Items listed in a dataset

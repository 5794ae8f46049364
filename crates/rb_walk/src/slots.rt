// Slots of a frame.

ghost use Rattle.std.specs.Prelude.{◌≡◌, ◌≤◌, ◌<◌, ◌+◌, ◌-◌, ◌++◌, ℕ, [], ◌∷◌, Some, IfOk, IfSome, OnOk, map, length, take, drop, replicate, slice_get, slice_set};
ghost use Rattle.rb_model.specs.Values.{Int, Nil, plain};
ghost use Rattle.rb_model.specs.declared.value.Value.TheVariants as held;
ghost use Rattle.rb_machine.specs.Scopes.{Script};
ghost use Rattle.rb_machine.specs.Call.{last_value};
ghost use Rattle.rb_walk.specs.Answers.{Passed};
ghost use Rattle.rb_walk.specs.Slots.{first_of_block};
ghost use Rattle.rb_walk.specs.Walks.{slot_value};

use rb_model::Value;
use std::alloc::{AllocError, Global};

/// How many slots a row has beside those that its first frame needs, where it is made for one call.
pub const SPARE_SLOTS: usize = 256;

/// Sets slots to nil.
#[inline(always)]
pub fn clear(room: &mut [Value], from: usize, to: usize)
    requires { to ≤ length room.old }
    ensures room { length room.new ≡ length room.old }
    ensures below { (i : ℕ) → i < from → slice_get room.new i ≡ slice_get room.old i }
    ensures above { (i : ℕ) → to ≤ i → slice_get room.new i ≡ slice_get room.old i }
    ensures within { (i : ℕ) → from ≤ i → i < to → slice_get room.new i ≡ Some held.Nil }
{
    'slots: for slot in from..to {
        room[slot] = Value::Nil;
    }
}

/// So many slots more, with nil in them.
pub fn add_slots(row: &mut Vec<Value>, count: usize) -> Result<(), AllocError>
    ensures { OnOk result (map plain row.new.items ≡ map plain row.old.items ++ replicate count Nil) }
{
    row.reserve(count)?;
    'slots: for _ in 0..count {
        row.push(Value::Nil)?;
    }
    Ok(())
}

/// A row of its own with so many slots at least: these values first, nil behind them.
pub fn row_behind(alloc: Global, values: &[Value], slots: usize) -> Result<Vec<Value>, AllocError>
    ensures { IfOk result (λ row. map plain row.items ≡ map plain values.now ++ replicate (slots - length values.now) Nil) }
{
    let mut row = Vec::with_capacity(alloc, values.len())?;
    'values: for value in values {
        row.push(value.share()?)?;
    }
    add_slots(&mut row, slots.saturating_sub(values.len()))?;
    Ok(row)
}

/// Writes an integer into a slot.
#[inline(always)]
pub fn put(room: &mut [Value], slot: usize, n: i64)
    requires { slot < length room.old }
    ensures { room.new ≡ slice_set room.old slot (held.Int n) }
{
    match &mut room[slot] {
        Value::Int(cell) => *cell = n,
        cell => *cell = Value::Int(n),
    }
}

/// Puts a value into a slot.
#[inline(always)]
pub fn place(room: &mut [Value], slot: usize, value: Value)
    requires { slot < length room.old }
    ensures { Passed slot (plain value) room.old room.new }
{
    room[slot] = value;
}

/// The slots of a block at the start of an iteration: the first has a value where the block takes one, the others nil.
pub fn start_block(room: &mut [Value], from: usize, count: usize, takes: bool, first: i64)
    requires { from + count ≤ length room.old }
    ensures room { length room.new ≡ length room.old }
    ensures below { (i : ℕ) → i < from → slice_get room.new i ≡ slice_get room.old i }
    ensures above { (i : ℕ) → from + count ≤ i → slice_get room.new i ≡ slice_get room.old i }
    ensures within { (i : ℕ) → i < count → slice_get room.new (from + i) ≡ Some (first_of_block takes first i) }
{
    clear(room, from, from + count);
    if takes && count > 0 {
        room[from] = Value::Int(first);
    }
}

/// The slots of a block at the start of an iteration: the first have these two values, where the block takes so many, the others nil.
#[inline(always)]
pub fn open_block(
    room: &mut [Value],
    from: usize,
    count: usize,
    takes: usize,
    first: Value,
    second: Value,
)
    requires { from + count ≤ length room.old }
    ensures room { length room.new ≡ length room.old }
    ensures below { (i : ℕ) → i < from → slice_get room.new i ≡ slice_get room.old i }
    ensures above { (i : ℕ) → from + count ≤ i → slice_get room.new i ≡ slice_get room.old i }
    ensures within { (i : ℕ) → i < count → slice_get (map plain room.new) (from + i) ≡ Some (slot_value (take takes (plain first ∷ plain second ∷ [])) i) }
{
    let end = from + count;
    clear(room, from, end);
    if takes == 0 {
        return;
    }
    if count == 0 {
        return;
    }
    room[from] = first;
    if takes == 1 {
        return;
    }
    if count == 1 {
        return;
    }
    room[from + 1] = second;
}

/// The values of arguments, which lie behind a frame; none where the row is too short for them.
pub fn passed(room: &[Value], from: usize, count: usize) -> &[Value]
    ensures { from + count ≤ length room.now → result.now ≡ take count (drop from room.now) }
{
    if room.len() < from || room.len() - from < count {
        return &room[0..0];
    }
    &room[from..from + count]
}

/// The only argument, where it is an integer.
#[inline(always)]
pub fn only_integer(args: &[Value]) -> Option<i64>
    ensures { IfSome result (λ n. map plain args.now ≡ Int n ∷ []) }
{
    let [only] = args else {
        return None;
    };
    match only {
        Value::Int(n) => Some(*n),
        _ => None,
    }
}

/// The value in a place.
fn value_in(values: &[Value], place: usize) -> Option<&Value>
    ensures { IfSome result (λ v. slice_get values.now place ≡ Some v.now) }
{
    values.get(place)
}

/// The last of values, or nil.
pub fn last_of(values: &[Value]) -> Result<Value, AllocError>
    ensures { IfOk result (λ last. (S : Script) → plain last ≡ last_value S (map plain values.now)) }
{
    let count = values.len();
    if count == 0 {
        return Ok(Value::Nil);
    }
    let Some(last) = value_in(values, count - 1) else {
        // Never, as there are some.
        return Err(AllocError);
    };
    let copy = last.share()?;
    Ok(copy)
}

WHAT YOU HAVE TO DO: Pull out all lines from the entries above in which the word "takes" appears.

TASK RESPONSE:
/// The slots of a block at the start of an iteration: the first has a value where the block takes one, the others nil.
pub fn start_block(room: &mut [Value], from: usize, count: usize, takes: bool, first: i64)
    ensures within { (i : ℕ) → i < count → slice_get room.new (from + i) ≡ Some (first_of_block takes first i) }
    if takes && count > 0 {
/// The slots of a block at the start of an iteration: the first have these two values, where the block takes so many, the others nil.
    takes: usize,
    ensures within { (i : ℕ) → i < count → slice_get (map plain room.new) (from + i) ≡ Some (slot_value (take takes (plain first ∷ plain second ∷ [])) i) }
    if takes == 0 {
    if takes == 1 {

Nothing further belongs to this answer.